I know they're some plecos that stay small, (bristlenose, rubbernose etc) but most get massive.

Any specific types you guys would suggest for my tank? 

Here's a photo


----------



## FishMatt (May 12, 2010)

A clown plec stays small at about 3.5 inches Rubbers don't get all that big.


----------



## hXcChic22 (Dec 26, 2009)

We have had both clown and rubberlips. 
IMO, rubberlips are very funny and entertaining to watch. Because of their unusual nose shape, it can be quite funny to watch them nom up the side of a tank. 
Our clown pleco spends ALL of his time that we're awake hiding behind te sponge filter in his tank. The only time we see him is when we take the sponge out to clean it or if we chase him out from behind it. The rubberlip, on the other hand, spent a lot of time out in the open.


----------



## stuby (Jun 14, 2010)

A nice Hypancistrus would do nice in there...it needs a few more hiding places yet though. L129, L174, L340, L260, L400, L270, L411, L262, ect. ect. Depends on how much you want to pay for a fish too....The L104 (clown plec) might like the plants a little to much....and make a snack out of them.


----------



## toddnbecka (Jun 30, 2006)

I wouldn't recommend any Hypancistrus for that tank. A BN would be the least expensive meal for the bicher. I had an ornate in a 55 years ago. It was maybe 8" when I tossed in a group of 2" Synodontis eupterus. I thought their spines would be sufficient defense, but they didn't last a day. I saw one actually going down the hatch tail-first, squeaking as if calling for help, but there wasn't anything I could do for it.
Have you ever seen a fully grown ornate bicher? That 40 simply isn't big enough for the long haul.


----------



## Obsidian (May 20, 2007)

Take a stroll through Planet Catfish. They have a listing of pretty much every known pleco and their sized, feeding habits, everything. I have an L15 that I enjoy but she is very reclusive. Might not be a good solution if you want a fish you can see all the time but they are fun. Common name is candy striped plecostamus. 

http://www.planetcatfish.com/


----------



## Citizen Snips (Jan 6, 2010)

the long haul is a long way away, a friend of mine has a full grown senegal in the same tank and he is happy as a clam.

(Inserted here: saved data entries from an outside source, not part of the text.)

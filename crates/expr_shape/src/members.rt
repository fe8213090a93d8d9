//! Members of objects, read as parts of expressions are.

ghost use Rattle.std.specs.Prelude.{◌≡◌, option_map, option_and_then};
ghost use Rattle.serde_json.specs.Data.{array};
ghost use Rattle.serde_json.specs.Find.{get};
ghost use Rattle.serde_json.specs.View.{view, items_view};
ghost use Rattle.spec_bits.specs.PatternText.{pattern_in};
ghost use Rattle.spec_expressions.specs.Shape as spec;
ghost use Rattle.bit_pattern.specs.Views.{digits_of};

use bit_pattern::Pattern;
use mrs_names::is_name;
use serde_json::Value;

/// The member of that name, if it is a text.
pub(crate) fn text_at<'v>(value: &'v Value, key: &str) -> Option<&'v str>
    ensures { option_map (λ s. s.now) result ≡ spec.text_at key.now (view value.now) }
{
    match value.get(key) {
        Some(found) => found.as_str(),
        None => None,
    }
}

/// Whether the member of that name is that text.
pub(crate) fn says(value: &Value, key: &str, wanted: &str) -> bool
    ensures { result ≡ spec.says key.now wanted.now (view value.now) }
{
    match text_at(value, key) {
        Some(text) => wanted == text,
        None => false,
    }
}

/// The member of that name, if it is a text within the limits on names.
pub(crate) fn name_at<'v>(value: &'v Value, key: &str) -> Option<&'v str>
    ensures { option_map (λ s. s.now) result ≡ spec.name_at key.now (view value.now) }
{
    match text_at(value, key) {
        Some(text) if is_name(text) => Some(text),
        _ => None,
    }
}

/// The pattern that the member of that name writes, if it is the text of one.
pub(crate) fn bits_at(value: &Value, key: &str) -> Option<Pattern>
    ensures { option_map digits_of result ≡ spec.bits_at key.now (view value.now) }
{
    match text_at(value, key) {
        Some(text) => pattern_in(text),
        None => None,
    }
}

/// The pattern that a text writes, if it writes one.
fn pattern_in(text: &str) -> Option<Pattern>
    ensures { option_map digits_of result ≡ spec.accepted (pattern_in text.now) }
{
    match Pattern::read(text) {
        Ok(pattern) => Some(pattern),
        Err(_) => None,
    }
}

/// Whether the member of that name is an object.
pub(crate) fn has_object(value: &Value, key: &str) -> bool
    ensures { result ≡ spec.has_object key.now (view value.now) }
{
    match value.get(key) {
        Some(found) => found.is_object(),
        None => false,
    }
}

/// Whether the member of that name is an array of objects.
pub(crate) fn has_objects(value: &Value, key: &str) -> bool
    ensures { result ≡ spec.has_objects key.now (view value.now) }
{
    match value.get(key) {
        Some(found) => is_array_of_objects(found),
        None => false,
    }
}

fn is_array_of_objects(value: &Value) -> bool
    ensures { result ≡ spec.is_array_of_objects (view value.now) }
{
    match value.as_array() {
        Some(list) => are_objects(list),
        None => false,
    }
}

fn are_objects(list: &[Value]) -> bool
    ensures { result ≡ spec.are_objects (items_view list.now) }
{
    for value in list {
        if !value.is_object() {
            return false;
        }
    }
    true
}

/// The one element of the array that the member of that name is, if it is one with no other.
pub(crate) fn the_one_at<'v>(value: &'v Value, key: &str) -> Option<&'v Value>
    ensures { option_map (λ v. view v.now) result ≡ option_and_then spec.the_one (get key.now (view value.now)) }
{
    match value.get(key) {
        Some(found) => the_one(found),
        None => None,
    }
}

fn the_one(value: &Value) -> Option<&Value>
    ensures { option_map (λ v. view v.now) result ≡ spec.the_one (view value.now) }
{
    match value.as_array() {
        Some(list) => sole(list),
        None => None,
    }
}

fn sole(list: &[Value]) -> Option<&Value>
    ensures { option_map (λ v. view v.now) result ≡ spec.the_one (array (items_view list.now)) }
{
    match list {
        [] => None,
        [only] => Some(only),
        [_, _, ..] => None,
    }
}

Anyway that Hypancistrus is beautiful but yeah I know the pleco would be armored enough and large enough to protect itself.

No?


----------



## Peeps (May 24, 2010)

I have a rubber pleco in my 30 gallon and they stay really small. They are cute too. He loves his veggies.


----------



## toddnbecka (Jun 30, 2006)

An armored pleco may be well enough protected from fish nipping at it, but that won't keep it from being swallowed whole. Hypancistrus aren't armored in any case, and are very slow-growing fish. They're also nocturnal, so you really aren't likely to see them very often (mainly when you're cleaning the tank) if they have suitable cover. 
The L-204 Panaque (aka flash pleco) is a bit more active/visible than Hypancistrus IME, and only grows to about 5" max. They're wood eaters, will die if they don't have wood in the tank to gnaw on, and do produce a lot of sawdust poop.


----------